■ **Exercise objective**
Look through the lines below, find those with the word "brackets", and copy them.

■ **Stored entries**
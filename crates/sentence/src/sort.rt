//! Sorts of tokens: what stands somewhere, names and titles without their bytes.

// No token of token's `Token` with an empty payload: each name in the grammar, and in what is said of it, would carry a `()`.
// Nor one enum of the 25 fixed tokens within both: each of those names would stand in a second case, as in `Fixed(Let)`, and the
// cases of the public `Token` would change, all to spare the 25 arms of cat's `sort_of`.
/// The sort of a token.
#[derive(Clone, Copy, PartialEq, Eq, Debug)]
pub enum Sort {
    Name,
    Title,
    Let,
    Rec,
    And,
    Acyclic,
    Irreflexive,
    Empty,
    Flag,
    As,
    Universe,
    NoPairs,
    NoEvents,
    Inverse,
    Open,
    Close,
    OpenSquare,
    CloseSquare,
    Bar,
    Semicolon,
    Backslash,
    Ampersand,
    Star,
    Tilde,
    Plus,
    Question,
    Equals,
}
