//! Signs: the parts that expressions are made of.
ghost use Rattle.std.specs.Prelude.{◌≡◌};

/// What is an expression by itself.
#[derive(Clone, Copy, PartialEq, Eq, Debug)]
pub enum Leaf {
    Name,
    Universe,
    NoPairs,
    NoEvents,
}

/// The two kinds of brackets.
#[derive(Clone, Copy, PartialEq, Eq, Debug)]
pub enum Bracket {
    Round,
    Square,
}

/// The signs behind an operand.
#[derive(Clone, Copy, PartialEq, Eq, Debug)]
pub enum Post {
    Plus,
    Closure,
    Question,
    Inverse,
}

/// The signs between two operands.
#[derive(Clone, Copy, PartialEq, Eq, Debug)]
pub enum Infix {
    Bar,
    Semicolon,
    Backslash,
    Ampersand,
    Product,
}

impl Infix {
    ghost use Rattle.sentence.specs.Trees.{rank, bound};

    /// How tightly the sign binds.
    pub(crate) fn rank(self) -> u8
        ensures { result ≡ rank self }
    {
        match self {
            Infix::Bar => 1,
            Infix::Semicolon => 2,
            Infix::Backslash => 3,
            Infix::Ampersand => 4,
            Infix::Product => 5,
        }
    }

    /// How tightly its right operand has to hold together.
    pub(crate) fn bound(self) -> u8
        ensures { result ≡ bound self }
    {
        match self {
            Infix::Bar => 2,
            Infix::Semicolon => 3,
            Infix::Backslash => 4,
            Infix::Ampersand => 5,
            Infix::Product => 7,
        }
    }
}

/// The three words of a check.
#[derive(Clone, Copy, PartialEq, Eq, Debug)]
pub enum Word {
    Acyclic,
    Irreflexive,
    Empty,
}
==
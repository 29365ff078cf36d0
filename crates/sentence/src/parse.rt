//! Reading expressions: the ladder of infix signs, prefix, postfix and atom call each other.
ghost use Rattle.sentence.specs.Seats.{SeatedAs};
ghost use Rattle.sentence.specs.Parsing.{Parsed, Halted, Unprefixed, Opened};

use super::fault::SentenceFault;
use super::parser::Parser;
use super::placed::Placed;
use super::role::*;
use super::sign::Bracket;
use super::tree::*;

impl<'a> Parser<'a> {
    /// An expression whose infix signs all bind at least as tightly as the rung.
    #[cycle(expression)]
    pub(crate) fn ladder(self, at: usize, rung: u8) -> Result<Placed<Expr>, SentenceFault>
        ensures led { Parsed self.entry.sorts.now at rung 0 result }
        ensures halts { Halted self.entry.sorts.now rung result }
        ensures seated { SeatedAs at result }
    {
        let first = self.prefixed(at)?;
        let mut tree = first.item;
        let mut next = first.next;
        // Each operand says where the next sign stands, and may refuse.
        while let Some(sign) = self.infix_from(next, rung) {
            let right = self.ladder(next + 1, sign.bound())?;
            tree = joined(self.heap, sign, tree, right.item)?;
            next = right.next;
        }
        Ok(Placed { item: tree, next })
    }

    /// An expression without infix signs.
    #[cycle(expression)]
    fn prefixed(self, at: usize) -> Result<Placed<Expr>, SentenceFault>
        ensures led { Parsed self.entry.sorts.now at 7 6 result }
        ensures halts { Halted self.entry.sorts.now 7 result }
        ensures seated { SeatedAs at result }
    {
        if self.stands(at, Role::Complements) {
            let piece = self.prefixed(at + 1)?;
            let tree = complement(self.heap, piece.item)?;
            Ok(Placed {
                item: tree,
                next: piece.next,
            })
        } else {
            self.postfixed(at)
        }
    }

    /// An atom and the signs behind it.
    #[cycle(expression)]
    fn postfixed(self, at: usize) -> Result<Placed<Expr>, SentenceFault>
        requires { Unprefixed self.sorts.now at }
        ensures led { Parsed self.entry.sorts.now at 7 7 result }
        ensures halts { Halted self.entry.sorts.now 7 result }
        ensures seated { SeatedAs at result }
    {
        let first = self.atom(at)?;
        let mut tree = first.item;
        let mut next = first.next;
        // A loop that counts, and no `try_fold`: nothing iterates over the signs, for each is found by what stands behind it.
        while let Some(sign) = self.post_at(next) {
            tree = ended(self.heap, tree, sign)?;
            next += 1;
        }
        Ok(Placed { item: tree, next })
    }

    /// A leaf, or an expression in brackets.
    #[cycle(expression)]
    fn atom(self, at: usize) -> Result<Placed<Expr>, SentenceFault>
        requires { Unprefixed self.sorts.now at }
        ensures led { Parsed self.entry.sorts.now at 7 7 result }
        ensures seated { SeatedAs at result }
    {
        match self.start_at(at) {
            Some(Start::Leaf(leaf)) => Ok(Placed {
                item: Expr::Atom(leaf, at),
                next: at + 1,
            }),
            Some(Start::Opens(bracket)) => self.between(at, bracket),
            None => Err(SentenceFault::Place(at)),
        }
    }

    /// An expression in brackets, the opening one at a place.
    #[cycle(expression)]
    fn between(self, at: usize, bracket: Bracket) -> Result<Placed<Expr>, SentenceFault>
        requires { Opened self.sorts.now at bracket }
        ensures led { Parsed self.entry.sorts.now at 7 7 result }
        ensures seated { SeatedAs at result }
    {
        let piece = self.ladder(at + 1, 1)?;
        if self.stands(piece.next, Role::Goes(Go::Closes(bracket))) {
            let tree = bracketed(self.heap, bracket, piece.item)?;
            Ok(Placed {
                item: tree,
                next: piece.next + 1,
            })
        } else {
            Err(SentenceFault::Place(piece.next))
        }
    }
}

■ **Exercise answer**
/// The two kinds of brackets.
    /// A leaf, or an expression in brackets.
    /// An expression in brackets, the opening one at a place.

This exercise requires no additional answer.